С 21-го на 22-й год всё Поволжье охватил страшный голод. К засухе и неурожаю двадцатого года, отсутствию рабочих рук добавилась налетевшая с юга саранча и посланные с севера продотряды, которые умело изъяли у крестьян всё зерно, даже семенное. Оставшиеся в голой степи без всякой помощи и запасов еды, люди стали голодать, а с наступлением зимы – умирать от голода, распространилось людоедство. Сначала убивали тех, кто в поисках еды бродил по сёлам и просился на ночлег, – таких никто не искал. Потом стали пропадать родственники…
Голод в Поволжье пришёлся на последний год Гражданской войны. Когда в село стали возвращаться те, кто остался в живых, к Марии посватался недавно демобилизованный односельчанин Никита Кулешов. С ноября восемнадцатого он вместе со своим ровесником Василием Полыниным, что с хутора Рыбинского, добровольцем записался в 25-ю дивизию, входившую в состав четвёртой армии. В январе 1919 года цирюльника Хвесина, несмотря на его революционную красоту, сменил Фрунзе, и началось наступление…

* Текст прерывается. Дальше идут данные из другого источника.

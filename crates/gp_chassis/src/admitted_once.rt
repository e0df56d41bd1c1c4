//! Whether no serial number is admitted twice, on one port or on two.
ghost use Rattle.std.specs.Prelude.{◌≡◌, ◌+◌, ◌<◌, ◌≤◌, ◌++◌, ◌&&◌, ◌||◌, Err, List, length, false, OnOk, IsTrue};
ghost use Rattle.std.specs.List.{list_any};
ghost use Rattle.gp_ploam.specs.declared.message.Serial.{Serial as SerialNumber};
ghost use Rattle.gp_ploam.specs.Serials as spec;
ghost use Rattle.gp_machine.specs.declared.config.PortConfig.{PortConfig as Configured};
ghost use Rattle.gp_machine.specs.Config.{is_distinct};
ghost use Rattle.gp_chassis.specs.Limits.{Lists, all_admitted};

use gp_machine::{PortConfig, is_among};
use gp_ploam::Serial;
use gp_serial::{AdmissionList, AdmitFault};
use std::alloc::Global;

/// Tells whether no serial number is admitted twice on these ports. Without memory for a list of them it compares
/// each with all others.
pub(crate) fn admits_each_once(alloc: Global, ports: &[PortConfig]) -> bool
    requires { length ports.now ≤ 256 }
    ensures { result ≡ is_distinct (all_admitted ports.now) }
{
    match admit_all(alloc, ports) {
        Ok(()) => true,
        Err(AdmitFault::Duplicate) => false,
        Err(_) => are_all_apart(ports),
    }
}

/// Admits the serial numbers of all ports on one list, up to the first that is there already.
fn admit_all(alloc: Global, ports: &[PortConfig]) -> Result<(), AdmitFault>
    requires { length ports.now ≤ 256 }
    ensures ok { OnOk result (IsTrue (is_distinct (all_admitted ports.now))) }
    ensures duplicate { result ≡ Err AdmitFault.Duplicate → is_distinct (all_admitted ports.now) ≡ false }
{
    let mut list = AdmissionList::new(alloc);
    for place in 0..ports.len() {
        match admit_on(&mut list, place as u8, ports[place].admitted.as_slice()) {
            Ok(()) => {}
            Err(fault) => return Err(fault),
        }
    }
    Ok(())
}

/// Admits these serial numbers on a port, up to the first that is on the list already.
fn admit_on(list: &mut AdmissionList, port: u8, serials: &[Serial]) -> Result<(), AdmitFault>
    ensures ok { (before : List SerialNumber) → OnOk result (Lists list.old before → IsTrue (is_distinct before)
        → Lists list.new (before ++ serials.now) × IsTrue (is_distinct (before ++ serials.now))) }
    ensures duplicate { (before : List SerialNumber) → result ≡ Err AdmitFault.Duplicate → Lists list.old before
        → IsTrue (is_distinct before) → is_distinct (before ++ serials.now) ≡ false }
{
    for serial in serials {
        match list.admit(port, *serial) {
            Ok(()) => {}
            Err(fault) => return Err(fault),
        }
    }
    Ok(())
}

/// Tells the same without memory.
fn are_all_apart(ports: &[PortConfig]) -> bool
    ensures { result ≡ is_distinct (all_admitted ports.now) }
{
    for i in 0..ports.len() {
        if !are_apart(ports[i].admitted.as_slice(), &ports[i + 1..]) {
            return false;
        }
    }
    true
}

/// Tells whether none of these serial numbers stands twice, or is admitted on one of the ports.
fn are_apart(serials: &[Serial], ports: &[PortConfig]) -> bool
    ensures { is_distinct (serials.now ++ all_admitted ports.now) ≡ (result && is_distinct (all_admitted ports.now)) }
{
    for i in 0..serials.len() {
        if is_again(&serials[i], &serials[i + 1..], ports) {
            return false;
        }
    }
    true
}

/// Tells whether the serial number is one of the others, or is admitted on one of the ports.
fn is_again(serial: &Serial, others: &[Serial], ports: &[PortConfig]) -> bool
    ensures { result ≡
        (spec.is_among serial.now others.now
        || list_any (λ (port : Configured). spec.is_among serial.now port.admitted) ports.now) }
{
    is_among(serial, others) || is_admitted(serial, ports)
}

/// Tells whether the serial number is admitted on one of the ports.
fn is_admitted(serial: &Serial, ports: &[PortConfig]) -> bool
    ensures { result ≡ list_any (λ (port : Configured). spec.is_among serial.now port.admitted) ports.now }
{
    ports.iter().any(|port| port.admitted.contains(serial))
}
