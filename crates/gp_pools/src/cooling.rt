//! The quarantine of freed ONU-IDs, all for the same number of frames. A frame in which none leaves looks at none.
ghost use Rattle.std.specs.Prelude.{◌≡◌, ◌≢◌, ℕ, ◌<◌, ◌≤◌, IsTrue, is_some, slice_index};
ghost use Rattle.std.specs.FinMap as map;
ghost use Rattle.std.specs.FinSet as set;
ghost use Rattle.gp_ploam.specs.OnuIds.{last_onu};
ghost use Rattle.gp_pools.specs.Cooling.{fresh_quarantine, left_at, quarantine_after_frame, quarantine_with};
ghost use Rattle.gp_pools.specs.Limits.{max_quarantine};

use gp_numbers::NumberSet;
use gp_ploam::ONU_IDS;
use std::marker::Model;

/// The most frames for which a freed ONU-ID is not given to another unit: one second (this profile's own rule).
pub const MAX_QUARANTINE: u16 = 8000;

/// How many values an octet has.
const OCTETS: usize = 256;

/// ONU-IDs in quarantine, each for the same number of frames. Contracts see which, and how many frames each has left.
#[derive(Drop)]
pub struct Cooling {
    frames: u16,
    members: NumberSet<0, 4>,
    /// The frame in which a member leaves, without the carry out of 16 bits.
    leaves: [u16; OCTETS],
    /// The frames that went by, without the carry out of 16 bits.
    clock: u16,
    /// No member leaves before the frame that is so many frames ahead, the next one at 1; 0 where there is no member.
    wait: u16,
}

impl Model for Cooling {
    ghost use Rattle.gp_ploam.specs.OnuIds.{onu_ids};
    ghost use Rattle.gp_pools.specs.Cooling.{Quarantine, quarantine_code, cooling_in, IsCool};

    ghost Value = { Quarantine };

    ghost coded = { quarantine_code };

    ghost view = { λ c. record { frames = c.frames; cooling = cooling_in onu_ids c.members c.leaves c.clock } };

    ghost invariant = { λ c. IsCool c.frames c.members c.leaves c.clock c.wait };
}

impl Cooling {
    /// Makes a quarantine with nothing in it. A number will cool for this many frames.
    pub fn new(frames: u16) -> Cooling
        requires { frames ≤ max_quarantine }
        ensures { result ≡ fresh_quarantine frames }
    {
        Cooling {
            frames,
            members: NumberSet::new(),
            leaves: blank(),
            clock: 0,
            wait: 0,
        }
    }

    /// Makes a second quarantine with the same numbers in it.
    pub fn copy(&self) -> Cooling
        ensures { result ≡ self.now }
    {
        Cooling {
            frames: self.frames,
            members: self.members.union(&self.members),
            leaves: self.leaves,
            clock: self.clock,
            wait: self.wait,
        }
    }

    /// Tells how many frames a number has left, if it is in quarantine.
    pub fn frames_left(&self, number: u8) -> Option<u16>
        ensures { result ≡ map.get self.now.cooling number }
    {
        if !self.members.contains(u16::from(number)) {
            return None;
        }
        Some(self.leaves[usize::from(number)].wrapping_sub(self.clock))
    }

    /// Tells the numbers in quarantine.
    pub fn members(&self) -> &NumberSet<0, 4>
        ensures { (number : ℕ) → set.contains result.now number ≡ is_some (map.get self.now.cooling number) }
    {
        &self.members
    }

    /// Makes a number cool, from now on.
    pub fn begin(&mut self, number: u16)
        requires { number ≤ last_onu }
        ensures { self.new ≡ quarantine_with self.old number }
    {
        if self.frames == 0 {
            return;
        }
        self.members.insert(number);
        self.leaves[usize::from(number)] = self.clock.wrapping_add(self.frames);
        if self.wait == 0 {
            self.wait = self.frames;
        }
    }

    /// Lets a frame go by. Where no number leaves it looks at none.
    pub fn tick(&mut self)
        ensures { self.new ≡ quarantine_after_frame self.old }
    {
        self.clock = self.clock.wrapping_add(1);
        if self.wait > 1 {
            self.wait -= 1;
        } else if self.wait == 1 {
            self.wait = let_out(&mut self.members, &self.leaves, self.clock);
        }
    }
}

/// Makes a table without frames of leaving.
fn blank() -> [u16; OCTETS]
    ensures { (place : ℕ) → slice_index result place < 65536 }
{
    [0; OCTETS]
}

/// Tells the sooner of two waits, where 0 is none.
fn sooner(wait: u16, left: u16) -> u16
    requires { 1 ≤ left }
    ensures some { 1 ≤ result }
    ensures left { result ≤ left }
    ensures wait { wait ≢ 0 → result ≤ wait }
    ensures either { (most : ℕ) → wait ≤ most → left ≤ most → result ≤ most }
{
    if wait == 0 || left < wait { left } else { wait }
}

/// Takes out the members that have no frame left, and answers how many the next one has, or 0 where none stays.
fn let_out(members: &mut NumberSet<0, 4>, leaves: &[u16; OCTETS], now: u16) -> u16
    ensures stays { (number : ℕ) → IsTrue (set.contains members.old number) → left_at leaves.now now number ≢ 0
        → IsTrue (set.contains members.new number) }
    ensures were { (number : ℕ) → IsTrue (set.contains members.new number) → IsTrue (set.contains members.old number) }
    ensures left { (number : ℕ) → number ≤ last_onu → IsTrue (set.contains members.new number)
        → left_at leaves.now now number ≢ 0 }
    ensures later { (number : ℕ) → number ≤ last_onu → IsTrue (set.contains members.new number)
        → result ≤ left_at leaves.now now number }
    ensures awaited { (number : ℕ) → number ≤ last_onu → IsTrue (set.contains members.new number) → 1 ≤ result }
    ensures soon { (most : ℕ)
        → ((number : ℕ) → number ≤ last_onu → IsTrue (set.contains members.old number)
        → left_at leaves.now now number ≤ most) → result ≤ most }
{
    let mut wait = 0;
    'numbers: for number in 0..u16::from(ONU_IDS) {
        if members.contains(number) {
            let left = leaves[usize::from(number)].wrapping_sub(now);
            if left == 0 {
                members.remove(number);
            } else {
                wait = sooner(wait, left);
            }
        }
    }
    wait
}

Никита с Василием вместе воевали против белоказаков на Уральском и Туркестанском фронтах, вместе ехали на запад и гнали панов-поляков и подпанков-длинножупанников, крепко рубились под Житомиром и Новоград-Волынским, и потом, в южных степях Новороссии, вылавливали остатки крестьянской армии Нестора Ивановича Махно.
Тогда же, в 22-м, Василий Полынин наведался в своё родное село Жеребец, что в сорока верстах к западу от Гуляй-Поля разбросало свои концы по зелёным склонам долины Конки. Семь лет не был он в родных краях – с тех пор, как дед Терентий в 1915 году вывез своё многочисленное семейство на новые земли за Волгу. Проведал Василий свою сестру Ганну, которая, выданная перед войной замуж за соседа Петра Воскобойникова, одна осталась в отцовском доме – дожидаться с войны мужа. А теперь её муж – в армии батьки Махно. Живой или нет – неведомо…
Только в двадцать третьем земляки вместе вернулись домой.
Дома ждала их безрадостная картина: разруха и запустение – Поволжье ещё не оправилось от голода. По настоянию Никиты, повидавшего много разного на войне, Мария согласилась попытать счастья на новом месте – на дивных, крутых берегах речки Горынь, что у самой Шепетовки дугой уходит на север и несёт свои чистые воды к Припяти. Ещё в двадцатом, когда эскадроны Первой конной отжимали поляков к Сарнам в Припятьские болота, запал Никита глазом на белые хатки, что, нахлобучив камышовые крыши, так уютно примостились под густыми дубравами, как белые гуси у блакитной реки, и заныло от сотворённой Богом красоты его сердце.